Como un as bajo la manga, un plan B, una cortina de
humo o el más ingenuo de los artificios para tratar de contrarrestar la
reacción popular contra la farsa de los diálogos de paz en La Habana, Juampa y
los inmaculados guerrilleros concebidos sin pecado han lanzado el embeleco
inútil de una comisión de la verdad, especie de catarsis engañosa o supuesta
garantía absoluta de que la barbarie no se volverá a repetir, con el único
propósito real de calmar los ánimos y de tratar de distraer a una comunidad que
pierde la paciencia.
Una comisión absolutamente inútil porque no va a
servir para juzgar a los implicados en los hechos desconocidos hasta ahora por
los jueces. Inútil, porque los delegados de las guerrillas mantendrán el discurso
de la fallida comisión histórica, tan distinto al del 90% de los colombianos y,
por ello, la “verdad” no logrará consenso.
Inútil, porque los elementos desconocidos de la barbarie
paramilitar-ejército-guerrilla son pocos, a diferencia de lo que pasó durante
los regímenes totalitarios como el argentino o el surafricano en los que tal
comisión sí estaba justificada.
Una comisión de la verdad debe comenzar por el
restablecimiento de la cátedra de Historia en nuestros colegios, contexto
imprescindible para que todos comprendamos.

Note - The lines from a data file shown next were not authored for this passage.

//! The generator: from tables and options to the tree of a file and its text.

ghost use Rattle.std.specs.Prelude.{◌≡◌, true, IfOk, OnErr};
ghost use Rattle.rust_tree.specs.Text.{text};
ghost use Rattle.rust_tree.specs.WellNamed.{are_well_named};
ghost use Rattle.type_sites.specs.Sites.{type_sites};
ghost use Rattle.rust_gen.specs.Asking.{AskInOrder};
ghost use Rattle.rust_gen.specs.Body.{ArePartsWritten, IsWritten};
ghost use Rattle.rust_gen.specs.Bound.{Binds};
ghost use Rattle.gen_accept.specs.Cause.{IsAnswer, cause};
ghost use Rattle.rust_gen.specs.Generated.{Gains, Generates, file_name};
ghost use Rattle.rust_gen.specs.Known.{IsKnown};

use crate::tree::bindings_of;
use gen_accept::{GenError, Opts, accepted_world};
use gen_files::Files;
use rust_tree::{Bindings, text_of};
use std::alloc::Global;
use std::marker::Model;
use wit_model::{OutOfMemory, Resolve, Text, World, WorldId};

/// A generator of Rust bindings, with its options.
#[derive(Debug, Drop)]
pub struct RustWasm {
    alloc: Global,
    opts: Opts,
}

impl Model for RustWasm {
    ghost use Rattle.gen_accept.specs.declared.opts.Opts.{Opts};

    ghost Value = { Opts };

    ghost view = { λ g. g.opts };
}

/// What a generator is made of.
pub trait Build {
    ghost use Rattle.gen_accept.specs.declared.opts.Opts.{Opts};

    /// The options that it is or has.
    ghost options: { Self → Opts };

    /// A generator with exactly these options.
    fn build(self, alloc: Global) -> Result<RustWasm, OutOfMemory>
        ensures { IfOk result (λ g. g ≡ options self) };
}

impl Build for Opts {
    ghost options = { λ opts. opts };

    fn build(self, alloc: Global) -> Result<RustWasm, OutOfMemory> {
        Ok(RustWasm { alloc, opts: self })
    }
}

#[tactic(auto, unfolding(crate::specs::Generated::rust_ending))]
fn file_name(alloc: Global, world: &World) -> Result<Text, OutOfMemory>
    ensures { IfOk result (λ name. name ≡ file_name world.now) }
{
    let mut name = world.name.snake.copy(alloc)?;
    name.push_str(".rs")?;
    Ok(name)
}

/// Puts the text of a tree behind what the files hold under a name.
fn push_text(
    alloc: Global,
    files: &mut Files,
    name: &Text,
    tree: &Bindings,
) -> Result<(), OutOfMemory>
    ensures ok { IfOk result (λ _. Gains files.old files.new name.now (text tree.now)) }
    ensures err { OnErr result (files.new ≡ files.old) }
{
    let content = text_of(alloc, tree)?;
    files.push(name.as_str(), content.as_str().as_bytes())
}

fn write_file(
    alloc: Global,
    opts: &Opts,
    resolve: &Resolve,
    id: WorldId,
    world: &World,
    files: &mut Files,
) -> Result<Bindings, OutOfMemory>
    requires { IsKnown opts.now resolve.now id world.now }
    ensures bound { IfOk result (Binds (IsWritten resolve.now.types (type_sites resolve.now world.now)) (ArePartsWritten resolve.now.types (type_sites resolve.now world.now)) opts.now resolve.now id world.now) }
    ensures order { IfOk result (λ tree. AskInOrder resolve.now.types (type_sites resolve.now world.now) world.now tree.items) }
    ensures named { IfOk result (λ tree. are_well_named tree.options tree.items ≡ true) }
    ensures gains { IfOk result (λ tree. Gains files.old files.new (file_name world.now) (text tree)) }
    ensures err { OnErr result (files.new ≡ files.old) }
{
    let name = file_name(alloc, world)?;
    let tree = bindings_of(alloc, opts, resolve, id, world)?;
    push_text(alloc, files, &name, &tree)?;
    Ok(tree)
}

impl RustWasm {
    /// Makes the bindings file of a world: the text of the tree that is answered is put behind what `files` holds under
    /// the world's name in snake case and `.rs`. After an error `files` are as they were, and the generator may be used
    /// again.
    pub fn generate(
        &mut self,
        resolve: &Resolve,
        world: WorldId,
        files: &mut Files,
    ) -> Result<Bindings, GenError>
        ensures answer { IsAnswer result (cause self.old resolve.now world) }
        ensures ok { IfOk result (Generates self.old resolve.now world files.old files.new) }
        ensures err { OnErr result (files.new ≡ files.old) }
        ensures options { self.new ≡ self.old }
    {
        let accepted = accepted_world(self.alloc, &self.opts, resolve, world)?;
        let tree = write_file(self.alloc, &self.opts, resolve, world, accepted, files)?;
        Ok(tree)
    }
}
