//! What is known of a world's types, by which the bodies of a file are made.

ghost use Rattle.std.specs.Prelude.{◌≡◌, true, Some, IfOk, slice_get};
ghost use Rattle.wit_model.specs.declared.name.WorldId.{WorldId};
ghost use Rattle.wit_model.specs.declared.world.World.{World};
ghost use Rattle.type_facts.specs.Facts.{IsAnalysis};
ghost use Rattle.type_defs.specs.Levels.{are_shallow};
ghost use Rattle.type_sites.specs.Sites.{type_sites};
ghost use Rattle.rust_gen.specs.Known.{AreAtHand, CanWriteTypes};

use func_gen::TypeTables;
use std::alloc::Global;
use type_facts::Types;
use type_sites::type_sites;
use wit_layout::{LayoutFault, SizeAlign};
use wit_model::{OutOfMemory, Resolve};

/// The tables of a world's types, by the facts of these: their layouts, and how the types are written that a function of the world uses.
pub(crate) fn type_tables(
    alloc: Global,
    resolve: &Resolve,
    facts: &Types,
) -> Result<TypeTables, OutOfMemory>
    requires { (id : WorldId) × CanWriteTypes resolve.now id × IsAnalysis resolve.now id facts.now }
    ensures tables { IfOk result (AreAtHand resolve.now.types) }
    ensures sites { IfOk result
        (λ tables. (id : WorldId) (world : World) → IsAnalysis resolve.now id facts.now → slice_get resolve.now.worlds id.0 ≡ Some world → are_shallow resolve.now.types ≡ true → tables.sites ≡ type_sites resolve.now world) }
{
    let sites = type_sites(alloc, resolve, facts)?;
    match SizeAlign::fill(alloc, resolve) {
        Ok(sizes) => Ok(TypeTables { sizes, sites }),
        Err(LayoutFault::OutOfMemory) => Err(OutOfMemory),
        Err(LayoutFault::TooLarge(_)) => unreachable!(),
    }
}
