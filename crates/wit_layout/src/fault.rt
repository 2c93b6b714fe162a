//! Why a table has no sizes.

use thiserror::Error;
use wit_model::{OutOfMemory, TypeId};

/// Why a table has no sizes. The texts are for who shows or logs a fault as it is, as of any error type; what a refusal of
/// the program says is decided where it is told.
#[derive(Clone, Copy, Debug, PartialEq, Eq, Error)]
pub enum LayoutFault {
    /// The first type that has more than 2^31 - 1 bytes where pointers have 8.
    #[error("a stored type is too large")]
    TooLarge(TypeId),
    /// There is no memory for the sizes.
    #[error("out of memory")]
    OutOfMemory,
}

impl From<OutOfMemory> for LayoutFault {
    ghost use Rattle.std.specs.Prelude.{◌≡◌};
    ghost use Rattle.wit_layout.specs.declared.fault.LayoutFault.TheVariants.{OutOfMemory};

    ghost from_gives = { λ _ e. e ≡ OutOfMemory };

    fn from(_refused: OutOfMemory) -> LayoutFault {
        LayoutFault::OutOfMemory
    }
}
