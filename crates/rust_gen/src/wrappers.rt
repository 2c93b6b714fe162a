//! The wrappers of a world's functions, one behind another, and what they ask for of `_rt`.

ghost use Rattle.std.specs.Prelude.{◌≡◌, ◌++◌, ◌∷◌, [], true, List, Option, Some, IfOk, OnOk, map, option_to_list, slice_get};
ghost use Rattle.std.specs.List.{AllZip, flat_map};
ghost use Rattle.wit_model.specs.Distinct.{is_distinct};
ghost use Rattle.wit_model.specs.IndexRange.{function_in_range};
ghost use Rattle.wit_model.specs.WellFormed.{IsWellFormed};
ghost use Rattle.wit_model.specs.declared.name.WorldId.{WorldId};
ghost use Rattle.rust_tree.specs.declared.export.ExportFn.{ExportFn};
ghost use Rattle.rust_tree.specs.declared.export.PostReturnFn.{PostReturnFn};
ghost use Rattle.rust_tree.specs.declared.item.FnItem.{FnItem};
ghost use Rattle.rust_tree.specs.declared.item.Item.TheVariants as item;
ghost use Rattle.rust_tree.specs.declared.runtime_item.RuntimeItem.{RuntimeItem};
ghost use Rattle.gen_accept.specs.Area.{needs_return};
ghost use Rattle.gen_accept.specs.DeclaredNames.{param_idents};
ghost use Rattle.gen_accept.specs.Emitted.{imported_functions};
ghost use Rattle.gen_accept.specs.InRange.{AreInRange};
ghost use Rattle.type_facts.specs.Facts.{IsAnalysis};
ghost use Rattle.type_defs.specs.Levels.{are_shallow};
ghost use Rattle.type_defs.specs.ParamType.{HasFacts};
ghost use Rattle.type_sites.specs.Sites.{type_sites};
ghost use Rattle.wrapper_meaning.specs.Represents.{is_indirect};
ghost use Rattle.wrapper_meaning.specs.Shape.{result_shape};
ghost use Rattle.wrapper_closing.specs.Parts.{CanWriteFunction};
ghost use Rattle.rust_gen.specs.Asking.{ExportAsks, ImportAsks, ReturnAsks, WrapperAsks, asked_with, bare};
ghost use Rattle.rust_gen.specs.Bound.{Parts, areas_of, export_items, return_items};
ghost use Rattle.rust_gen.specs.Known.{AreAtHand, CanWriteFunctions, CanWriteTypes, HasCode, HaveCode, HaveDistinctParams};

use crate::export::{ExportMade, export_wrapper};
use crate::import::import_wrapper;
use crate::post_return::post_return;
use crate::tables::type_tables;
use abi_bindgen::Asked;
use func_gen::TypeTables;
use gen_accept::{functions_in, needs_return};
use rust_tree::{Item, RuntimeItem, ask_by_signature};
use std::alloc::Global;
use type_facts::Types;
use wit_model::{Function, List, OutOfMemory, Resolve, World};

/// Puts the wrapper of an imported function behind other items, and what it asks for of `_rt` behind other items of that: by its
/// signature, and then by its body.
fn push_import(
    alloc: Global,
    resolve: &Resolve,
    facts: &Types,
    tables: &TypeTables,
    items: &mut List<Item>,
    asked: &mut List<RuntimeItem>,
    f: &Function,
) -> Result<(), OutOfMemory>
    requires well { IsWellFormed resolve.now }
    requires within { function_in_range resolve.now f.now ≡ true }
    requires code { HasCode resolve.now.types f.now }
    requires writes { CanWriteFunction resolve.now.types tables.now.sites f.now }
    requires distinct { is_distinct (param_idents f.now) ≡ true }
    requires facts { HasFacts resolve.now facts.now }
    requires tables { AreAtHand resolve.now.types tables.now }
    ensures { OnOk result
        ((i : FnItem × List RuntimeItem) × (items.new ≡ items.old ++ item.Import i.0 ∷ []) × (asked.new ≡ asked.old ++ i.1) × ImportAsks resolve.now.types tables.now.sites f.now i) }
{
    let (wrapper, runtime) = import_wrapper(alloc, resolve, facts, tables, f)?;
    ask_by_signature(asked, wrapper.params.as_slice(), &wrapper.result)?;
    items.push(Item::Import(wrapper))?;
    asked.extend_from_slice(runtime.as_slice())?;
    Ok(())
}

fn push_imports(
    alloc: Global,
    resolve: &Resolve,
    facts: &Types,
    tables: &TypeTables,
    items: &mut List<Item>,
    asked: &mut List<RuntimeItem>,
    functions: &[&Function],
) -> Result<(), OutOfMemory>
    requires well { IsWellFormed resolve.now }
    requires within { AreInRange resolve.now (map (λ f. f.now) functions.now) }
    requires code { HaveCode resolve.now.types (map (λ f. f.now) functions.now) }
    requires writes { CanWriteFunctions resolve.now.types tables.now.sites (map (λ f. f.now) functions.now) }
    requires distinct { HaveDistinctParams (map (λ f. f.now) functions.now) }
    requires facts { HasFacts resolve.now facts.now }
    requires tables { AreAtHand resolve.now.types tables.now }
    ensures { OnOk result
        ((is : List (FnItem × List RuntimeItem)) × (items.new ≡ items.old ++ map item.Import (bare is)) × (asked.new ≡ asked.old ++ asked_with is) × AllZip (ImportAsks resolve.now.types tables.now.sites) (map (λ f. f.now) functions.now) is) }
{
    for function in functions {
        push_import(alloc, resolve, facts, tables, items, asked, function)?;
    }
    Ok(())
}

/// Puts the wrapper of an exported function behind other items, and what it asks for of `_rt` behind other items of that. Answers the
/// area that it needs, if it needs one.
fn push_wrapper(
    alloc: Global,
    resolve: &Resolve,
    tables: &TypeTables,
    items: &mut List<Item>,
    asked: &mut List<RuntimeItem>,
    f: &Function,
) -> Result<Option<Asked>, OutOfMemory>
    requires well { IsWellFormed resolve.now }
    requires within { function_in_range resolve.now f.now ≡ true }
    requires code { HasCode resolve.now.types f.now }
    requires writes { CanWriteFunction resolve.now.types tables.now.sites f.now }
    requires tables { AreAtHand resolve.now.types tables.now }
    ensures { IfOk result
        (λ area. (e : ExportFn × List RuntimeItem) × (items.new ≡ items.old ++ item.Export e.0 ∷ []) × (asked.new ≡ asked.old ++ e.1) × WrapperAsks resolve.now.types tables.now.sites f.now e.0 area e.1) }
{
    let ExportMade {
        wrapper,
        area,
        runtime,
    } = export_wrapper(alloc, resolve, tables, f)?;
    items.push(Item::Export(wrapper))?;
    asked.extend_from_slice(runtime.as_slice())?;
    Ok(area)
}

/// Puts the post-return function of an exported function behind other items, and what it asks for of `_rt` behind other items of that.
fn push_returning(
    alloc: Global,
    resolve: &Resolve,
    tables: &TypeTables,
    items: &mut List<Item>,
    asked: &mut List<RuntimeItem>,
    f: &Function,
) -> Result<(), OutOfMemory>
    requires well { IsWellFormed resolve.now }
    requires within { function_in_range resolve.now f.now ≡ true }
    requires code { HasCode resolve.now.types f.now }
    requires indirect { is_indirect (result_shape resolve.now.types f.now) ≡ true }
    requires tables { AreAtHand resolve.now.types tables.now }
    ensures { OnOk result
        ((p : Option PostReturnFn × List RuntimeItem) × (items.new ≡ items.old ++ return_items p.0) × (asked.new ≡ asked.old ++ p.1) × ReturnAsks resolve.now.types tables.now.sites true f.now p.0 p.1) }
{
    let (function, runtime) = post_return(alloc, resolve, tables, f)?;
    items.push(Item::PostReturn(function))?;
    asked.extend_from_slice(runtime.as_slice())?;
    Ok(())
}

/// The same where its result may hold a text.
fn push_post_return(
    alloc: Global,
    resolve: &Resolve,
    tables: &TypeTables,
    items: &mut List<Item>,
    asked: &mut List<RuntimeItem>,
    f: &Function,
) -> Result<(), OutOfMemory>
    requires well { IsWellFormed resolve.now }
    requires within { function_in_range resolve.now f.now ≡ true }
    requires code { HasCode resolve.now.types f.now }
    requires tables { AreAtHand resolve.now.types tables.now }
    ensures { OnOk result
        ((p : Option PostReturnFn × List RuntimeItem) × (items.new ≡ items.old ++ return_items p.0) × (asked.new ≡ asked.old ++ p.1) × ReturnAsks resolve.now.types tables.now.sites (needs_return resolve.now.types f.now) f.now p.0 p.1) }
{
    if needs_return(resolve, f) {
        push_returning(alloc, resolve, tables, items, asked, f)?;
        Ok(())
    } else {
        Ok(())
    }
}

fn push_needed(areas: &mut List<Asked>, area: Option<Asked>) -> Result<(), OutOfMemory>
    ensures { OnOk result (areas.new ≡ areas.old ++ option_to_list area) }
{
    match area {
        None => Ok(()),
        Some(area) => areas.push(area),
    }
}

/// Puts the wrapper of an exported function behind other items, and its post-return function if it has one; what they ask for of `_rt`
/// behind other items of that; and the area that is needed behind other areas.
fn push_export(
    alloc: Global,
    resolve: &Resolve,
    tables: &TypeTables,
    items: &mut List<Item>,
    asked: &mut List<RuntimeItem>,
    areas: &mut List<Asked>,
    f: &Function,
) -> Result<(), OutOfMemory>
    requires well { IsWellFormed resolve.now }
    requires within { function_in_range resolve.now f.now ≡ true }
    requires code { HasCode resolve.now.types f.now }
    requires writes { CanWriteFunction resolve.now.types tables.now.sites f.now }
    requires tables { AreAtHand resolve.now.types tables.now }
    ensures { OnOk result
        ((e : Parts × List RuntimeItem) × (items.new ≡ items.old ++ export_items e.0) × (areas.new ≡ areas.old ++ option_to_list e.0.2) × (asked.new ≡ asked.old ++ e.1) × ExportAsks resolve.now.types tables.now.sites f.now e) }
{
    let area = push_wrapper(alloc, resolve, tables, items, asked, f)?;
    push_post_return(alloc, resolve, tables, items, asked, f)?;
    push_needed(areas, area)?;
    Ok(())
}

/// Puts the wrappers of exported functions behind other items, and answers the areas that they need.
fn push_exports(
    alloc: Global,
    resolve: &Resolve,
    tables: &TypeTables,
    items: &mut List<Item>,
    asked: &mut List<RuntimeItem>,
    functions: &[&Function],
) -> Result<List<Asked>, OutOfMemory>
    requires well { IsWellFormed resolve.now }
    requires within { AreInRange resolve.now (map (λ f. f.now) functions.now) }
    requires code { HaveCode resolve.now.types (map (λ f. f.now) functions.now) }
    requires writes { CanWriteFunctions resolve.now.types tables.now.sites (map (λ f. f.now) functions.now) }
    requires tables { AreAtHand resolve.now.types tables.now }
    ensures { IfOk result
        (λ areas. (es : List (Parts × List RuntimeItem)) × (items.new ≡ items.old ++ flat_map export_items (bare es)) × (areas ≡ flat_map option_to_list (areas_of (bare es))) × (asked.new ≡ asked.old ++ asked_with es) × AllZip (ExportAsks resolve.now.types tables.now.sites) (map (λ f. f.now) functions.now) es) }
{
    let mut areas = List::new(alloc);
    for function in functions {
        push_export(alloc, resolve, tables, items, asked, &mut areas, function)?;
    }
    Ok(areas)
}

/// Puts the wrappers of a world's functions behind other items, and what they ask for of `_rt` behind other items of that. Answers the
/// areas that those of exported functions need.
pub(crate) fn push_wrappers(
    alloc: Global,
    resolve: &Resolve,
    facts: &Types,
    items: &mut List<Item>,
    asked: &mut List<RuntimeItem>,
    world: &World,
    exports: &[&Function],
) -> Result<List<Asked>, OutOfMemory>
    requires well { IsWellFormed resolve.now }
    requires types { (id : WorldId) × (slice_get resolve.now.worlds id.0 ≡ Some world.now) × CanWriteTypes resolve.now id × IsAnalysis resolve.now id facts.now }
    requires shallow { are_shallow resolve.now.types ≡ true }
    requires imports { AreInRange resolve.now (imported_functions world.now) }
    requires imports_code { HaveCode resolve.now.types (imported_functions world.now) }
    requires imports_write { CanWriteFunctions resolve.now.types (type_sites resolve.now world.now) (imported_functions world.now) }
    requires distinct { HaveDistinctParams (imported_functions world.now) }
    requires within { AreInRange resolve.now (map (λ f. f.now) exports.now) }
    requires exports_code { HaveCode resolve.now.types (map (λ f. f.now) exports.now) }
    requires exports_write { CanWriteFunctions resolve.now.types (type_sites resolve.now world.now) (map (λ f. f.now) exports.now) }
    ensures { IfOk result
        (λ areas. (is : List (FnItem × List RuntimeItem)) × (es : List (Parts × List RuntimeItem)) × (items.new ≡ (items.old ++ map item.Import (bare is)) ++ flat_map export_items (bare es)) × (areas ≡ flat_map option_to_list (areas_of (bare es))) × (asked.new ≡ (asked.old ++ asked_with is) ++ asked_with es) × AllZip (ImportAsks resolve.now.types (type_sites resolve.now world.now)) (imported_functions world.now) is × AllZip (ExportAsks resolve.now.types (type_sites resolve.now world.now)) (map (λ f. f.now) exports.now) es) }
{
    let imports = functions_in(alloc, world.imports.as_slice())?;
    let tables = type_tables(alloc, resolve, facts)?;
    push_imports(
        alloc,
        resolve,
        facts,
        &tables,
        items,
        asked,
        imports.as_slice(),
    )?;
    let areas = push_exports(alloc, resolve, &tables, items, asked, exports)?;
    Ok(areas)
}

Será una verdad parcial, una gran mentira, si no recordamos a Pol Pot,
la barbarie de la revolución cultural de Mao, los genocidios de Stalin o los
fusilamientos arbitrarios ordenados por el Che Guevara en Cuba. Sin historia, se mantendrá oculta la
responsabilidad de los maestros y las universidades públicas en el
adoctrinamiento de quienes en Colombia iban a repetir los campos de
concentración de Hitler. Por la historia
entenderemos la estupidez de unos colombianos que intentaron aquí desde 1964 lo
que ya había fracaso en otros muchos países y sigue fracasando en Venezuela,
Cuba y Corea del Norte.
Esta nueva puesta en escena de Juampa y sus amigos parece
más sospechosa por su precocidad, cuando los temas más importantes aun no se ha
definido en La Habana después de tres años de “carreta” y cuando sabemos que la
comisión de la verdad requiere un largo debate de unos tres semestres en el
Congreso para ser aprobada y unos tres años o más para que cumpla su misión; pero sobre
todo, que se haya firmado el acuerdo y aprobado por el pueblo.